The main point of this dataset is to classify whether or not a mushroom is possibly poisonous. To make this point clear, we change the class values from "e" and "p" to a binary value of either 0 or 1. We use the same binary value to indicate whether or not a mushroom has bruises. For number of rings, we replace the letters with the numerical value of the number of rings. Every other value is replaced with its descriptive label to make the data easier to read. We also changed the column names to snake case to be more in line with naming conventions.

In [10]:
# Changing column names
for col_name, col in df.iteritems():
    df.rename(columns={col_name:col_name.replace('-', '_')}, inplace=True)
    
# Changing 'class' to 'poisonous' to make intentions clear
df.rename(columns={"class": "poisonous"}, inplace=True)

# Replacing data values, also shows the possible values for each attribute
df.poisonous.replace(to_replace=['e', 'p'],
                     value=[0, 1], inplace=True)
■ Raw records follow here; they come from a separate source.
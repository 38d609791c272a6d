//! The stack of a sample, and how it ends: as a walk did, as a call chain does, or there is none.
ghost use Rattle.std.specs.Prelude.{◌≡◌, ◌++◌, [], map, IfOk, OnOk};
ghost use Rattle.framehop_frames.specs.Stack.{shown_frame, option_stack_view};
ghost use Rattle.framehop_perf_stacks.specs.Samples.{end_of, stack_of, walked_over, unread_stack, name_of_end, address_of_end, text_of_end, mark_of_part, mark_of_end, is_copy_full, is_in_larger_copy, is_end_of_copy, is_cut};

use crate::run::Options;
use framehop::Error;
use framehop_backtrace::BacktraceEnd;
use framehop_frames::line;
use framehop_frames::line::{end_name, push_end, push_mark};
use framehop_frames::stack::{Stack, StackFrame};
use framehop_processes::Mapping;
use framehop_processes::files::Files;
use framehop_recording::sample::Sample;
use std::alloc::{AllocError, Global};

/// How many bytes of a stack the kernel copies at most, and perf asks for.
const MOST_COPIED: u64 = 65528;

/// How the stack of a sample ends.
#[derive(Clone, Copy, Drop)]
pub(crate) enum StackEnd {
    /// As a walk did over a copy of the stack that begins at `base` (AVMA).
    Walked { base: u64, end: BacktraceEnd },
    /// As a call chain does, of which no end is told.
    CallChain,
    /// There is none, for this reason.
    NoStack(&'static str),
}

/// The stack of a sample.
#[derive(Clone, Copy, Drop)]
pub(crate) struct EndedStack<'a, R: Copy> {
    /// Its frames, the innermost first.
    pub frames: &'a [StackFrame<R>],
    /// How it ends.
    pub end: StackEnd,
}

/// A sample, with what tells of its stack.
#[derive(Clone, Copy, Drop)]
pub(crate) struct SampleAt<'a, 'm> {
    /// None where it can't be read.
    pub sample: Option<Sample<'a>>,
    /// The name of its thread.
    pub name: &'a [u8],
    /// The mappings of its process, in order.
    pub mappings: &'a [Mapping],
    /// The files of the recording.
    pub files: &'a Files<'m>,
    /// What is asked for.
    pub options: Options<'a>,
}

/// Returns the stack of a walk over a copy that begins at an address (AVMA), or that there is none.
pub(crate) fn walked_stack<R: Copy>(walked: &Option<Stack<R>>, base: u64) -> EndedStack<'_, R>
    ensures { stack_of result ≡ walked_over base (option_stack_view walked.entry.now) }
{
    let Some(stack) = walked else {
        return no_stack("no-registers");
    };
    EndedStack {
        frames: stack.frames.as_slice(),
        end: StackEnd::Walked {
            base,
            end: stack.end,
        },
    }
}

/// Returns the stack of a call chain, or that there is none, and why, where that has no frames.
pub(crate) fn chain_stack<'a>(frames: &'a [StackFrame<()>], why: &'static str) -> EndedStack<'a, ()>
    ensures { stack_of result ≡ unread_stack why.entry.now (map shown_frame frames.entry.now) }
{
    if frames.is_empty() {
        return no_stack(why);
    }
    EndedStack {
        frames,
        end: StackEnd::CallChain,
    }
}

/// Returns that there is no stack, and why.
pub(crate) fn no_stack<'a, R: Copy>(why: &'static str) -> EndedStack<'a, R>
    ensures { stack_of result ≡ unread_stack why.entry.now [] }
{
    EndedStack {
        frames: &[],
        end: StackEnd::NoStack(why),
    }
}

/// Returns what the end of a stack is called.
pub(crate) fn name_of_end(end: StackEnd) -> &'static str
    ensures { result.now ≡ name_of_end (end_of end) }
{
    match end {
        StackEnd::Walked { end, .. } => end_name(end),
        StackEnd::CallChain => "callchain",
        StackEnd::NoStack(why) => why,
    }
}

/// Returns the address (AVMA) at which a stack ended, if it ended at one.
pub(crate) fn address_of_end(end: StackEnd) -> Option<u64>
    ensures { result ≡ address_of_end (end_of end) }
{
    match end {
        StackEnd::Walked { end, .. } => line::address_of_end(end),
        StackEnd::CallChain | StackEnd::NoStack(_) => None,
    }
}

/// Returns what the end of a stack is called, with its address, if it has one.
pub(crate) fn text_of_end(alloc: Global, end: StackEnd) -> Result<Vec<u8>, AllocError>
    ensures { IfOk result (λ text. text.items ≡ text_of_end (end_of end)) }
{
    match end {
        StackEnd::Walked { end, .. } => line::end_text(alloc, end),
        end => Vec::from_slice(alloc, name_of_end(end).as_bytes()),
    }
}

/// Appends the mark of the end of a folded stack, of which all frames are there, or a part.
pub(crate) fn push_mark_of_end(
    line: &mut Vec<u8>,
    end: StackEnd,
    is_part: bool,
) -> Result<(), AllocError>
    ensures { OnOk result (line.new.items ≡ line.old.items ++ mark_of_end (end_of end) is_part) }
{
    match end {
        StackEnd::Walked { end, .. } => push_mark_of_part(line, end, is_part),
        StackEnd::CallChain => {
            push_mark(line, "callchain")?;
            push_mark_of_part(line, BacktraceEnd::Root, is_part)
        }
        StackEnd::NoStack(why) => push_mark(line, why),
    }
}

/// Appends the mark of a walk, of which all frames are there, or a part: of its end, or that it is cut before a frame that is
/// not sure.
fn push_mark_of_part(line: &mut Vec<u8>, end: BacktraceEnd, is_part: bool) -> Result<(), AllocError>
    ensures { OnOk result (line.new.items ≡ line.old.items ++ mark_of_part end is_part) }
{
    if is_part {
        return push_mark(line, "not-sure");
    }
    push_end(line, end)
}

/// Returns whether a stack is cut: its walk ended at a word that a larger copy would have, and its sample's copy is full.
pub(crate) fn is_cut(sample: Option<Sample<'_>>, end: StackEnd) -> bool
    ensures { result ≡ is_cut (is_copy_full sample.entry) (end_of end) }
{
    match end {
        StackEnd::Walked { base, end } => is_copy_full(sample) && is_end_of_copy(base, end),
        StackEnd::CallChain | StackEnd::NoStack(_) => false,
    }
}

/// Returns whether the copy of a sample's stack is full.
fn is_copy_full(sample: Option<Sample<'_>>) -> bool
    ensures { result ≡ is_copy_full sample.entry }
{
    match sample {
        Some(Sample { user: Ok(user), .. }) => user.is_full,
        _ => false,
    }
}

/// Returns whether a walk ended at a word that a larger copy of the stack would have, by where the copy begins (AVMA).
fn is_end_of_copy(base: u64, end: BacktraceEnd) -> bool
    ensures { result ≡ is_end_of_copy base end }
{
    match end {
        BacktraceEnd::Refused(Error::CouldNotReadStack(address)) => {
            is_in_larger_copy(base, address)
        }
        _ => false,
    }
}

/// Returns whether a larger copy of a stack, which begins at the same address (AVMA), would have the word at another one.
fn is_in_larger_copy(base: u64, address: u64) -> bool
    ensures { result ≡ is_in_larger_copy base address }
{
    base <= address && address - base <= MOST_COPIED - 8
}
df.cap_shape.replace(to_replace=['b', 'c', 'x', 'f', 'k', 's'],
                     value=["bell", "conical", "convex", "flat", "knobbed", "sunken"],
                     inplace=True)

df.cap_surface.replace(to_replace=['f', 'g', 'y', 's'],
                     value=["fibrous", "grooves", "scaly", "smooth"], 
                     inplace=True)

df.cap_color.replace(to_replace=['n', 'b', 'c', 'g', 'r', 'p', 'u', 'e', 'w', 'y'],
                     value=["brown", "buff", "cinnamon", "gray", "green", "pink", 
                            "purple", "red", "white", "yellow"], 
                     inplace=True)

df.bruises.replace(to_replace=['f', 't'],
                     value=[0, 1], 
                     inplace=True)

df.odor.replace(to_replace=['a', 'l', 'c', 'y', 'f', 'm', 'n', 'p', 's'],
                     value=["almond", "anise", "creosote", "fishy", "foul", 
                            "musty", "none", "pungent", "spicy"], 
                     inplace=True)

df.gill_attachment.replace(to_replace=['a', 'd', 'f', 'n'],
                     value=["attached", "descending", "free", "notched"], 
                     inplace=True)

df.gill_spacing.replace(to_replace=['c', 'w', 'd'],
                     value=["close", "crowded", "distant"], 
                     inplace=True)

df.gill_size.replace(to_replace=['b', 'n'],
                     value=["broad", "narrow"], 
                     inplace=True)

df.gill_color.replace(to_replace=['k', 'n', 'b', 'h', 'g', 'r', 'o', 
                                  'p', 'u', 'e', 'w', 'y'],
                     value=["black", "brown", "buff", "chocolate", "gray", 
                            "green", "orange", "pink", "purple", "red", "white", "yellow"], 
                     inplace=True)

df.stalk_shape.replace(to_replace=['e', 't'],
                     value=["enlarging", "tapering"], 
                     inplace=True)

df.stalk_root.replace(to_replace=['b', 'c', 'u', 'e', 'z', 'r', '?'],
                     value=["bulbous", "club", "cup", "equal", "rhizomorphs", 
                            "rooted", "missing"], 
                     inplace=True)

df.stalk_surface_above_ring.replace(to_replace=['f', 'y', 'k', 's'],
                     value=["fibrous", "scaly", "silky", "smooth"], 
                     inplace=True)

df.stalk_surface_below_ring.replace(to_replace=['f', 'y', 'k', 's'],
                     value=["fibrous", "scaly", "silky", "smooth"], 
                     inplace=True)

df.stalk_color_above_ring.replace(to_replace=['n', 'b', 'c', 'g', 'o', 'p', 'e', 'w', 'y'],
                     value=["brown", "buff", "cinnamon", "gray", "orange", 
                            "pink", "red", "white", "yellow"], 
                     inplace=True)

df.stalk_color_below_ring.replace(to_replace=['n', 'b', 'c', 'g', 'o', 'p', 'e', 'w', 'y'],
                     value=["brown", "buff", "cinnamon", "gray", "orange", 
                            "pink", "red", "white", "yellow"], 
                     inplace=True)

df.veil_type.replace(to_replace=['p', 'u'],
                     value=["partial", "universal"], 
                     inplace=True)

df.veil_color.replace(to_replace=['n', 'o', 'w', 'y'],
                     value=["brown", "orange", "white", "yellow"], inplace=True)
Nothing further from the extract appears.